Besides the options which can be chosen directly, additional options for this program which can be specified as 'additional command line options' during tool configuration with the ToolConfigurationWizard:

-maxsize integer Maximum nucleotide size of ORF to report
-find menu This is a small menu of possible output options. The first four options are to select either the protein translation or the original nucleic acid sequence of the open reading frame. There are two possible definitions of an open reading frame: it can either be a region that is free of STOP codons or a region that begins with a START codon and ends with a STOP codon. The last three options are probably only of interest to people who wish to investigate the statistical properties of the regions around potential START or STOP codons. The last option assumes that ORF lengths are calculated between two STOP codons.
-[no]methionine boolean START codons at the beginning of protein products will usually code for Methionine,despite what the codon will code for when it is internal to a protein.

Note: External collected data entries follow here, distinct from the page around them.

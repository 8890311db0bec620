//! What a mount begins with: the tree of a recovered disk, what the disk has of each node, and what is free on it.
#![tactic(auto)]

mod begin;
mod entries;
mod free;

pub use begin::{Mounted, mount};
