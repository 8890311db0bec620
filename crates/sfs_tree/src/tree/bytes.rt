// The calls that change a file's bytes.
ghost use Rattle.std.specs.Prelude.{◌≡◌, ℕ, IfOk, OnErr};
ghost use Rattle.tree_laws.specs.declared.call.Call.TheVariants as call;

use super::Tree;
use super::faults::refused;
use sfs_base::{Chunk, NoMemory, NodeId};
use tree_laws::{Code, Reply};

/// How many bytes a file has at most.
const LARGEST_FILE: u64 = 67_551_232;

impl Tree {
    ghost use Rattle.tree_laws.specs.Step.{IsStep};

    pub(super) fn write(&mut self, file: NodeId, at: u64, bytes: &Chunk) -> Result<Reply, NoMemory>
        ensures ok { IfOk result (λ reply. (core : ℕ) → IsStep self.old core (call.Write file at bytes.now) reply self.new) }
        ensures err { OnErr result (self.new ≡ self.old) }
    {
        if let Some(code) = self.file_fault(file) {
            return Ok(refused(code));
        }
        let bytes = bytes.bytes();
        if bytes.is_empty() {
            return Ok(Reply::Ok);
        }
        if at > LARGEST_FILE - bytes.len() as u64 {
            return Ok(refused(Code::FileTooBig));
        }
        self.store.write(file.0, at as usize, bytes)?;
        Ok(Reply::Ok)
    }

    pub(super) fn trunc(&mut self, file: NodeId, size: u64) -> Result<Reply, NoMemory>
        ensures ok { IfOk result (λ reply. (core : ℕ) → IsStep self.old core (call.Trunc file size) reply self.new) }
        ensures err { OnErr result (self.new ≡ self.old) }
    {
        if let Some(code) = self.file_fault(file) {
            return Ok(refused(code));
        }
        if size > LARGEST_FILE {
            return Ok(refused(Code::FileTooBig));
        }
        self.store.resize(file.0, size as usize)?;
        Ok(Reply::Ok)
    }
}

This qualifier sets all such START codons to code for Methionine by default.
-[no]reverse boolean Set this to be false if you do not wish to find ORFs in the reverse complement of the sequence.
-flanking integer If you have chosen one of the options of the type of sequence to find that gives the flanking sequence around a STOP or START codon, this allows you to set the number of nucleotides either side of that codon to output. If the region of flanking nucleotides crosses the start or end of the sequence, no output is given for this codon.